He compares it to a fairground ride found in the United States. A large wooden
spinning disc. He pontificates that there are 3 type of people in the world.
Suggesting to Paul he should chose the first, to not go on the disc, watch
people from the side lines struggle to stay on, live a quiet life of without
the trouble of the angular velocity of society. He describes how Margot is on
the ride for the thrill for the speed, the danger. Clinging onto the edge of
the disc to go as fast as possible with little regard for her own safety. Most people
are trying to reach the centre of the disc, where the angular of momentum is at
its least, where you can be fully in control.
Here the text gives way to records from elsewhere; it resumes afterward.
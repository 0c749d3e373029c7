ghost use Rattle.std.specs.Prelude.{◌≡◌, ◌⊎◌, IfOk, IfErr, true, false};
ghost use Rattle.pre_streams.specs.Fits.{Fits};
ghost use Rattle.pre_bound.specs.Good.{AtPorts};
ghost use Rattle.pre_bound.specs.Settled.{PriosBelow};
ghost use Rattle.pre_bound.specs.Least.{Least};
ghost use Rattle.pre_certify.specs.Loads.{NoOverload};
ghost use Rattle.pre_certify.specs.Tables.{delays_in};
ghost use Rattle.pre_rounds.specs.Passing.{is_short};
ghost use Rattle.pre_rounds.specs.Causes.{Cause, NoneWide};
ghost use Rattle.pre_rounds.specs.Answers.{IsOfSettled, HasNoRanks, NoneCaused, IsAlone, HasGoodCertificate, leaves_open};
ghost use Rattle.pre_rounds.specs.Routed.{AreRouted};
ghost use Rattle.pre_rounds.specs.Tables.{bursts_in, AreSettled};
ghost use Rattle.pre_rounds.specs.declared.faults.RoundsFault.TheVariants.{Memory};

use crate::RoundsFault;
use crate::bounds::{first_short, first_wide};
use crate::rows::{arc_rows, hop_rows, port_rows};
use crate::settle::{Settled, settle};
use pre_bound::Certificate;
use pre_certify::{bound_rows, first_overload};
use pre_streams::{Row, Streams};
use pre_topo::Network;
use std::alloc::{AllocError, Global};

/// Each priority is below 8, as its type says.
fn prios_below(rows: &[Row])
    ensures { PriosBelow rows.now }
{
    for row in rows {
        let _prio = row.prio.number();
    }
}

/// The certificate of settled tables.
fn written(
    alloc: Global,
    net: &Network,
    rows: &[Row],
    settled: &Settled,
) -> Result<Certificate, AllocError>
    requires routed { AreRouted net.now rows.now }
    requires load { NoOverload net.now rows.now }
    requires settled { AreSettled net.now rows.now settled.now.bursts settled.now.delays }
    requires narrow { NoneWide net.now rows.now (delays_in settled.now.delays) }
    requires rings { AtPorts net.now rows.now (λ arc prio. is_short net.now rows.now (bursts_in settled.now.bursts) arc prio ≡ false) }
    ensures { IfOk result (IsOfSettled net.now rows.now) }
{
    let bursts = settled.bursts.as_slice();
    let arcs = arc_rows(alloc, net, rows)?;
    let ports = port_rows(alloc, net, rows, bursts)?;
    let hops = hop_rows(alloc, rows, bursts)?;
    let bounds = bound_rows(alloc, net, rows, settled.delays.as_slice())?;
    Ok(Certificate {
        arcs,
        ports,
        hops,
        bounds,
    })
}

/// The certificate of settled tables, or the first bound that passes the limit, or the first ring that has too little room.
fn finished(
    alloc: Global,
    net: &Network,
    rows: &[Row],
    settled: &Settled,
) -> Result<Certificate, RoundsFault>
    requires routed { AreRouted net.now rows.now }
    requires load { NoOverload net.now rows.now }
    requires settled { AreSettled net.now rows.now settled.now.bursts settled.now.delays }
    ensures numbers { IfOk result (IsOfSettled net.now rows.now) }
    ensures cause { IfErr result (Cause net.now rows.now) }
{
    if let Some((stream, hop)) = first_wide(net, rows, settled.delays.as_slice()) {
        return Err(RoundsFault::Wide { stream, hop });
    }
    if let Some(short) = first_short(net, rows, settled.bursts.as_slice()) {
        return Err(RoundsFault::Ring {
            arc: short.arc,
            prio: short.prio,
            need: short.need,
        });
    }
    Ok(written(alloc, net, rows, settled)?)
}

/// The numbers of the first settled round, or the first fault that has a cause.
fn answer(alloc: Global, net: &Network, rows: &[Row]) -> Result<Certificate, RoundsFault>
    requires { AreRouted net.now rows.now }
    ensures numbers { IfOk result (IsOfSettled net.now rows.now) }
    ensures cause { IfErr result (Cause net.now rows.now) }
{
    if let Some(arc) = first_overload(net, rows) {
        return Err(RoundsFault::Overload { arc });
    }
    let settled = settle(alloc, net, rows)?;
    finished(alloc, net, rows, &settled)
}

/// The numbers of the first settled round, without ranks, each of which is at most that of every good certificate without
/// ranks.
///
/// In round 0 each stream has its declared burst at every hop. The bursts of a round give each port its least block, work, delay
/// and size, and each delay the bursts of the next round at the hops behind it. A round is settled where the next one has its
/// bursts. Rounds 0 to 1000 are tried; there are no numbers
///
/// - `Overload`: where the streams of an arc want all of its time: the least such arc;
/// - `Large`: where in a round, none being settled before it, a block, work, delay or size, or a burst that leaves a port for
///   another hop, passes 10^12: in the first such round the first port by arc and priority;
/// - `Unsettled`: where no round is settled: the first port by arc and priority behind which the bursts of round 1000 and of the
///   one after it differ;
/// - `Wide`: where a bound passes 10^12: the first such stream, and the first hop up to which the ticks of its route do;
/// - `Ring`: where the ring of a port has too little room: the first such port by arc and priority, and the room that it needs;
/// - `Memory`.
///
/// Each comes only where none of those before it does. Where a fault has a cause, no other answer comes, but `Memory`. Where there
/// is a good certificate, with ranks or without, no fault comes but `Unsettled` and `Memory`.
pub fn rounds(alloc: Global, net: &Network, streams: &Streams) -> Result<Certificate, RoundsFault>
    requires { Fits net.now streams.now }
    ensures numbers { IfOk result (IsOfSettled net.now streams.now.rows) }
    ensures least { IfOk result (Least net.now streams.now) }
    ensures unranked { IfOk result HasNoRanks }
    ensures cause { IfErr result (Cause net.now streams.now.rows) }
    ensures complete { HasGoodCertificate net.now streams.now → IfErr result (λ e. leaves_open e ≡ true) }
    ensures none { IfOk result (λ c. NoneCaused net.now streams.now.rows) }
    ensures alone { IfErr result (λ e. (e ≡ Memory) ⊎ IsAlone net.now streams.now.rows e) }
{
    prios_below(streams.rows.as_slice());
    answer(alloc, net, streams.rows.as_slice())
}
Obviously Silenus sees himself at
the centre. Looking out at the people and their struggles. The Architect with
it all figured out watching as the world revolves around.
Silenus, the
tutor to the drunkard Dionysus, Greek God of wine. Silenus, professor to the
rich and opulent. The Architect.
* There
is a nice symmetry here with how modernist architecture has been pigeon holed
by the civilian (read non architectural) population. Even in contemporary
society ‘clean and square’ is often used to dismiss the ideas behind modernism
to a style.
Post Script:
Waugh wrote ‘Decline & Fall’ in 1928. A
comment on the fall of the feudal England and the remaining aristocracy
following the First World War. A world which although still influences modern
life has very much been toned down. So in the world of contemporary comedy
where do we see the Architect?
Monty Python satired the architect as either the
ultra-modernist, similar to Waugh, or as a Free Mason, or even a want to be
member. As someone on the edge of the establishment. However in the last half a
century society has moved yet again. Neither Waugh’s Silenus nor the creations
of the Pythons strike many chords as representative of my peers or even more so
as how society see the modern Architect.
The most famous example of the Architect in
contemporary comedy would be Josh Radnor’s portrayal of New York Architect Ted
Mosby in the hit American hit sitcom ‘How I Met Your Mother’ (2005-2014). Obviously
not of the same comic quality of Waugh’s parody or Python’s satire, Ted Mosby
will be the image of an Architect that many of my generation grew up with
during their teenage years. Here with have the figure of the hopeless romantic,
far removed from the views of Silenus. Not with confidence but with agonising
anxiety he stresses over details such as whether the correct light bulb for New
York skyscraper, the fulfilment of his childhood dream, or in a more comical
moment, which pen his practice will use. Not to say he isn’t an intellectual (at one stage in the story his finds happiness as a professor like Silenus),
however anytime he dares to enthuse on architectural history or even mention
over art forms of inspiration he is met by his peer group making a sound that
could be found from one’s central drainage system. There are many things within
the show that Architects will turn their nose up at, inaccuracies caused by a
writing without the rigor of Waugh’s. And we won’t mention how many times in
reply to your response when asked ‘so what do you do?’ I have received the
sentence ‘Oh like Ted, on How I Met Your Mother’. However despite all these, at
a base level this is the life I know today, the postmodern view of the
Architect lives.
So in the early part of the 21st
century, as ‘Decline and Fall’ nears raising its bat to the crowd, the position
of the Architect has moved. Slipped from the centre with Silenus, from Python’s
Architects of the 60s desperate to become part of the establishment, we come
the present day with the Architect clinging onto the edge of the wheel. The
decline of the Architect desperate to avoid the fall.